For a wet cure (brine):

  • The same formulas apply, but the percentages are taken against meat weight PLUS water weight, so the salt concentration equilibrates correctly across both phases.

The curing salt dose is fixed by food-safety standards: 0.25% of meat weight for Prague Powder #1 and #2, delivering approximately 156 ppm of nitrite — the USDA maximum. Morton Tender Quick has a different nitrite concentration so uses a different per-gram dose (approximately 1.667 g per 100 g of meat).

The minimum curing time is a thickness-based guide: roughly 0.4 days per millimetre of the thickest point for PP#1 products, and 1 day per millimetre for long PP#2 dry-cured whole muscles.
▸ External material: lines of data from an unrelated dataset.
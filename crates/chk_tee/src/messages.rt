//! Messages of a tee, read.

ghost use Rattle.std.specs.Prelude.{◌≡◌, ◌<◌, ◌≤◌, ◌+◌, ◌∷◌, [], List, length};
ghost use Rattle.std.specs.Prelude.{IsTrue, IfOk, IfErr, IsOkAnd, IfSome, IfNone, MatchOption};
ghost use Rattle.std.specs.Prelude.{Some, None};
ghost use Rattle.chk_bytes.specs.Numbers.{spelled_at};
ghost use Rattle.chk_tee.specs.Messages.{Teed as TeedSpec, IsTee, is_teed};
ghost use Rattle.chk_tee.specs.Faults.{mark_wrong, teed_wrong, teeds_wrong, tee_fault};
ghost use Rattle.chk_tee.specs.Fields.{IsTeedAt};
ghost use Rattle.chk_tee.specs.Lent.{lent_teed};

use crate::fields::{end_at, key_at, offset_at, stem_at, u32_at, value_at};
use crate::{TEE_BYTES, TEE_CHUNKS, TeeFault, Teed};
use chk_chunk::ChunkRef;
use std::marker::Model;

/// A message that was read. It gives its chunks in order, borrowed from the message's bytes, and
/// takes no memory.
#[derive(Drop)]
pub struct TeeRef<'a> {
    bytes: &'a [u8],
    at: usize,
    left: u32,
}

impl<'a> Model for TeeRef<'a> {
    ghost use Rattle.std.specs.Prelude.{List};
    ghost use Rattle.chk_tee.specs.Messages.{Teed as TeedSpec};

    ghost Value = { List TeedSpec };

    ghost use Rattle.chk_tee.specs.TeeFields.{tee_view, IsSoundTee};

    ghost view = { tee_view };

    ghost invariant = { IsSoundTee };
}

impl<'a> TeeRef<'a> {
    /// The next chunk, `None` after the last.
    pub fn next(&mut self) -> Option<Teed<'a>>
        ensures first { MatchOption result (self.old ≡ []) (λ t. self.old ≡ lent_teed t ∷ self.new) }
        ensures valid { IfSome result (λ t. IsTrue (is_teed (lent_teed t))) }
        ensures last { IfNone result (self.new ≡ []) }
    {
        if self.left == 0 {
            return None;
        }
        match teed_at(self.bytes, self.at) {
            Ok((teed, end)) => {
                self.at = end;
                self.left -= 1;
                Some(teed)
            }
            Err(_) => unreachable!(),
        }
    }
}

/// The chunks of the message that the bytes are. The whole message is read once, so its chunks are
/// then given without a fault. It takes no memory.
pub fn read_tee(bytes: &[u8]) -> Result<TeeRef<'_>, TeeFault>
    ensures tee { IfOk result (λ tee. IsTee tee bytes.now) }
    ensures every_tee { (items : List TeedSpec) → IsTee items bytes.now → IsOkAnd result (λ tee. tee ≡ items) }
    ensures fault { IfErr result (λ fault. tee_fault bytes.now ≡ Some fault) }
{
    let count = check_tee(bytes)?;
    Ok(TeeRef {
        bytes,
        at: 9,
        left: count,
    })
}

// How many chunks the bytes have, where they are a message.
#[tactic(auto, unfolding(crate::specs::Faults::tee_fault, crate::specs::Faults::first_wrong, crate::specs::Faults::wrong_if))]
fn check_tee(bytes: &[u8]) -> Result<u32, TeeFault>
    ensures fault { IfErr result (λ fault. tee_fault bytes.now ≡ Some fault) }
    ensures fine { IfOk result (λ _. tee_fault bytes.now ≡ None) }
    ensures count { IfOk result (λ count. count ≡ spelled_at 5 4 bytes.now) }
{
    let found = bytes.len() as u64;
    if found > TEE_BYTES {
        return Err(TeeFault::TooLong {
            limit: TEE_BYTES,
            found,
        });
    }
    check_mark(bytes)?;
    let count = u32_at(bytes, 5)?;
    if count == 0 || count > TEE_CHUNKS {
        return Err(TeeFault::BadCount { count });
    }
    check_teeds(bytes, count)?;
    Ok(count)
}

// The first five bytes are `CHKT` and the version.
#[tactic(auto, unfolding(crate::specs::Faults::mark_wrong, crate::specs::Faults::wrong_if))]
fn check_mark(bytes: &[u8]) -> Result<(), TeeFault>
    ensures fault { IfErr result (λ fault. mark_wrong bytes.now ≡ Some fault) }
    ensures fine { IfOk result (λ _. mark_wrong bytes.now ≡ None) }
{
    let mark = b"CHKT\x01";
    let size = bytes.len().min(5);
    if bytes[..size] != mark[..size] {
        return Err(TeeFault::NotTee);
    }
    if size < 5 {
        return Err(TeeFault::Short { at: 0 });
    }
    Ok(())
}

// From place 9 on the bytes are so many chunks.
#[tactic(auto, unfolding(crate::specs::Faults::first_wrong))]
fn check_teeds(bytes: &[u8], count: u32) -> Result<(), TeeFault>
    requires { 9 ≤ length bytes.now }
    ensures fault { IfErr result (λ fault. teeds_wrong count 9 bytes.now ≡ Some fault) }
    ensures fine { IfOk result (λ _. teeds_wrong count 9 bytes.now ≡ None) }
{
    let mut at = 9;
    for _done in 0..count {
        match teed_at(bytes, at) {
            Ok((_, end)) => at = end,
            Err(fault) => return Err(fault),
        }
    }
    end_at(bytes, at)
}

// The chunk that stands at `at`, with its stem and its offset, and the place behind it.
#[tactic(auto, unfolding(crate::specs::Faults::teed_wrong, crate::specs::Faults::first_wrong, crate::specs::Messages::guessed_teed, chk_chunk::specs::Posts::guessed_chunk))]
fn teed_at(bytes: &[u8], at: usize) -> Result<(Teed<'_>, usize), TeeFault>
    ensures fault { IfErr result (λ fault. teed_wrong at bytes.now ≡ Some fault) }
    ensures teed { IfOk result (λ found. IsTeedAt at bytes.now (lent_teed found.0) found.1) }
{
    let (stem, offset_at_place) = stem_at(bytes, at)?;
    let offset = offset_at(bytes, offset_at_place)?;
    let (key, value_at_place) = key_at(bytes, offset_at_place + 8)?;
    let (value, end) = value_at(bytes, value_at_place, &key)?;
    let chunk = ChunkRef {
        source: key.source,
        kind: key.kind,
        name: key.name,
        start: key.start,
        cluster: key.cluster,
        seq: key.seq,
        body: value,
    };
    let teed = Teed {
        stem,
        offset,
        chunk,
    };
    Ok((teed, end))
}
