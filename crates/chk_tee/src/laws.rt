//! Laws of filters and messages. Each is a function without a body, whose clauses hold of all bytes.

ghost use Rattle.chk_tee.specs.Laws.{FaultlessIsTee, TeeIsOne, TeeStandsAlone, WrittenIsTee};
ghost use Rattle.chk_tee.specs.Laws.{NotTeeExactly, NoRequest, FilterIsRead, FilterIsOne};

/// Bytes have no fault exactly where they are in the grammar of messages.
pub fn tee_grammar(bytes: &[u8])
    ensures { FaultlessIsTee bytes.now }
{}

/// Bytes are a message of one list of chunks at most.
pub fn one_message()
    ensures { TeeIsOne }
{}

/// No message begins another one.
pub fn tees_stand_alone()
    ensures { TeeStandsAlone }
{}

/// What `write_tee` writes is in the grammar, so `read_tee` gives it back.
pub fn written_is_tee()
    ensures { WrittenIsTee }
{}

/// `NotTee` comes exactly where the first five bytes, as far as they are there, are others.
pub fn first_five()
    ensures { NotTeeExactly }
{}

/// No front of a message is a request to a collector.
pub fn no_request()
    ensures { NoRequest }
{}

/// A text is read as a filter exactly where it is that filter in the grammar.
pub fn filter_grammar()
    ensures { FilterIsRead }
{}

/// A text is one filter at most.
pub fn one_filter()
    ensures { FilterIsOne }
{}
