//! Chunks for watchers: which chunks a watcher wants, and the messages that carry them.
//!
//! A **filter** says of each chunk whether it passes, by the names of its stream. A **message** of
//! a tee is 1 to 1,000 chunks that a collector has written, each with its sink and the place in
//! it at which the chunk's record ends.
#![tactic(auto)]

mod faults;
mod fields;
mod filters;
mod laws;
mod messages;
mod writing;

use chk_bytes::Stem;
use chk_chunk::ChunkRef;
pub use faults::TeeFault;
pub use filters::{Filter, FilterFault, read_filter};
pub use laws::{
    filter_grammar, first_five, no_request, one_filter, one_message, tee_grammar, tees_stand_alone,
    written_is_tee,
};
pub use messages::{TeeRef, read_tee};
pub use writing::{push_passing, put_tee_head, write_tee};

/// The most bytes of a message.
pub const TEE_BYTES: u64 = 4_308_309;

/// The most chunks of a message.
pub const TEE_CHUNKS: u32 = 1000;

/// A chunk that a collector wrote to a sink, with the sink's stem and the place in the sink at
/// which the chunk's record ends, from 1 to 2^63 - 1.
#[derive(Clone, Copy)]
pub struct Teed<'a> {
    pub stem: Stem,
    pub offset: u64,
    pub chunk: ChunkRef<'a>,
}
These are minimums; longer is safer for large pieces.

Worked example — dry-cured bacon (pork belly)

Imagine a 1,200 g pork belly, approximately 40 mm thick at its thickest point, using Prague Powder #1:

IngredientCalculationAmount
Prague Powder #11,200 × 0.00253.00 g
Kosher salt (2.5%)1,200 × 0.02530.00 g
Brown sugar (0.5%)1,200 × 0.0056.00 g
  • Estimated nitrite: 156 ppm (exactly the USDA limit)
  • Minimum cure time: 40 mm × 0.4 = 16 days in the fridge

Combine all ingredients, rub thoroughly all over the belly, place in a zip-lock bag or vacuum bag, and refrigerate. Turn the bag every day or two. After 16 days, rinse, pat dry, and either cold-smoke or roast.

Formula note

The nitrite concentration in finished meat is calculated as:

ppm = (cure grams × nitrite%) ÷ meat grams × 1,000,000

For PP#1: (3.00 × 0.0625) ÷ 1,200 × 1,000,000 = 156 ppm

This matches the USDA limit of 156 mg nitrite per kg of meat. The calculator flags any dose that would exceed this threshold and reminds you to re-check your measurements.

All calculations run entirely in your browser — no data is sent to any server.